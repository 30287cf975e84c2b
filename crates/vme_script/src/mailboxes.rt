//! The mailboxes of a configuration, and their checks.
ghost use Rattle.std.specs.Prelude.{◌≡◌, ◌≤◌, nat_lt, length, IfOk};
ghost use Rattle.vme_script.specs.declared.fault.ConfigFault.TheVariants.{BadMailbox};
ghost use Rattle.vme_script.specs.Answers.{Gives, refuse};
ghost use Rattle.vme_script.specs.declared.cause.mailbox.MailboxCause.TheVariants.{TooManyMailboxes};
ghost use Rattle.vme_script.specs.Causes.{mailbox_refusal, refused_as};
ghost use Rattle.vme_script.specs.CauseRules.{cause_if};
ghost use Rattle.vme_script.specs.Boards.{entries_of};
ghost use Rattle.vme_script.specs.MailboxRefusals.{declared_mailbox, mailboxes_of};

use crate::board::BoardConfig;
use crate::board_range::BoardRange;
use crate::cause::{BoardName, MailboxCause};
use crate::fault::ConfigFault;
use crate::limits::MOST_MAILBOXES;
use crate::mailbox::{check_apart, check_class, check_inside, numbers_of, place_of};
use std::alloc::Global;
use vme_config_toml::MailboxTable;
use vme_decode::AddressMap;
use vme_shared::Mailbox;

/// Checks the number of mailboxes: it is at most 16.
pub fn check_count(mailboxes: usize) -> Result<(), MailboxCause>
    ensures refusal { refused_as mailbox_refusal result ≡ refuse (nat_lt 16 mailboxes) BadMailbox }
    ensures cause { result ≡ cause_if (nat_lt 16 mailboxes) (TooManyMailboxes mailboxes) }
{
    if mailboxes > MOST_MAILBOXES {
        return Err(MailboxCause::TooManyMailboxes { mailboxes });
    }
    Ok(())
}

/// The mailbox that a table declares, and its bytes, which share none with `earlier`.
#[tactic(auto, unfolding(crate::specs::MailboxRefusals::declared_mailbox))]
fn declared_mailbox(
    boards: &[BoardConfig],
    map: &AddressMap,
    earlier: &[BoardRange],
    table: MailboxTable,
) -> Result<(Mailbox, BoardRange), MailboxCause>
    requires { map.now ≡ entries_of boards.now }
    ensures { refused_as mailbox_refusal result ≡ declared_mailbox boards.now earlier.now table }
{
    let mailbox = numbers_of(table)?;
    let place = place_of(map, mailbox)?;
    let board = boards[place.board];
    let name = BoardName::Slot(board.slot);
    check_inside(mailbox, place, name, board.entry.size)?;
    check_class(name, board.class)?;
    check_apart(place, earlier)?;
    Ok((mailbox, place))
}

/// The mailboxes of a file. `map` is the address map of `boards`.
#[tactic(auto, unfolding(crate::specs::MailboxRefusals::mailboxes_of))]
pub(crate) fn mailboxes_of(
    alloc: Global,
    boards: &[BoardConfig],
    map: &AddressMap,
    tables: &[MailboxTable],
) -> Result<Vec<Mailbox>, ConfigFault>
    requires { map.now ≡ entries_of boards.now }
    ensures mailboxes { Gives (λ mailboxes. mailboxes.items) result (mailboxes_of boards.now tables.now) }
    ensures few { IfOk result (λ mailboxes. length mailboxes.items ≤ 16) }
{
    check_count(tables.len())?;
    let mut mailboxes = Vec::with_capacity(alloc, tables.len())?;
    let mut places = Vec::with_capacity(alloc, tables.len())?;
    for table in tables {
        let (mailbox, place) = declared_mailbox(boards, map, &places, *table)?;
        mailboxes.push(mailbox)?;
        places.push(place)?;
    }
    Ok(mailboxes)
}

........

The lines beginning with the one that holds "at most 16." and ending with the last line of the data above are to be reproduced exactly, and nothing else.

- _Answer space_:
/// Checks the number of mailboxes: it is at most 16.
pub fn check_count(mailboxes: usize) -> Result<(), MailboxCause>
    ensures refusal { refused_as mailbox_refusal result ≡ refuse (nat_lt 16 mailboxes) BadMailbox }
    ensures cause { result ≡ cause_if (nat_lt 16 mailboxes) (TooManyMailboxes mailboxes) }
{
    if mailboxes > MOST_MAILBOXES {
        return Err(MailboxCause::TooManyMailboxes { mailboxes });
    }
    Ok(())
}

/// The mailbox that a table declares, and its bytes, which share none with `earlier`.
#[tactic(auto, unfolding(crate::specs::MailboxRefusals::declared_mailbox))]
fn declared_mailbox(
    boards: &[BoardConfig],
    map: &AddressMap,
    earlier: &[BoardRange],
    table: MailboxTable,
) -> Result<(Mailbox, BoardRange), MailboxCause>
    requires { map.now ≡ entries_of boards.now }
    ensures { refused_as mailbox_refusal result ≡ declared_mailbox boards.now earlier.now table }
{
    let mailbox = numbers_of(table)?;
    let place = place_of(map, mailbox)?;
    let board = boards[place.board];
    let name = BoardName::Slot(board.slot);
    check_inside(mailbox, place, name, board.entry.size)?;
    check_class(name, board.class)?;
    check_apart(place, earlier)?;
    Ok((mailbox, place))
}

/// The mailboxes of a file. `map` is the address map of `boards`.
#[tactic(auto, unfolding(crate::specs::MailboxRefusals::mailboxes_of))]
pub(crate) fn mailboxes_of(
    alloc: Global,
    boards: &[BoardConfig],
    map: &AddressMap,
    tables: &[MailboxTable],
) -> Result<Vec<Mailbox>, ConfigFault>
    requires { map.now ≡ entries_of boards.now }
    ensures mailboxes { Gives (λ mailboxes. mailboxes.items) result (mailboxes_of boards.now tables.now) }
    ensures few { IfOk result (λ mailboxes. length mailboxes.items ≤ 16) }
{
    check_count(tables.len())?;
    let mut mailboxes = Vec::with_capacity(alloc, tables.len())?;
    let mut places = Vec::with_capacity(alloc, tables.len())?;
    for table in tables {
        let (mailbox, place) = declared_mailbox(boards, map, &places, *table)?;
        mailboxes.push(mailbox)?;
        places.push(place)?;
    }
    Ok(mailboxes)
}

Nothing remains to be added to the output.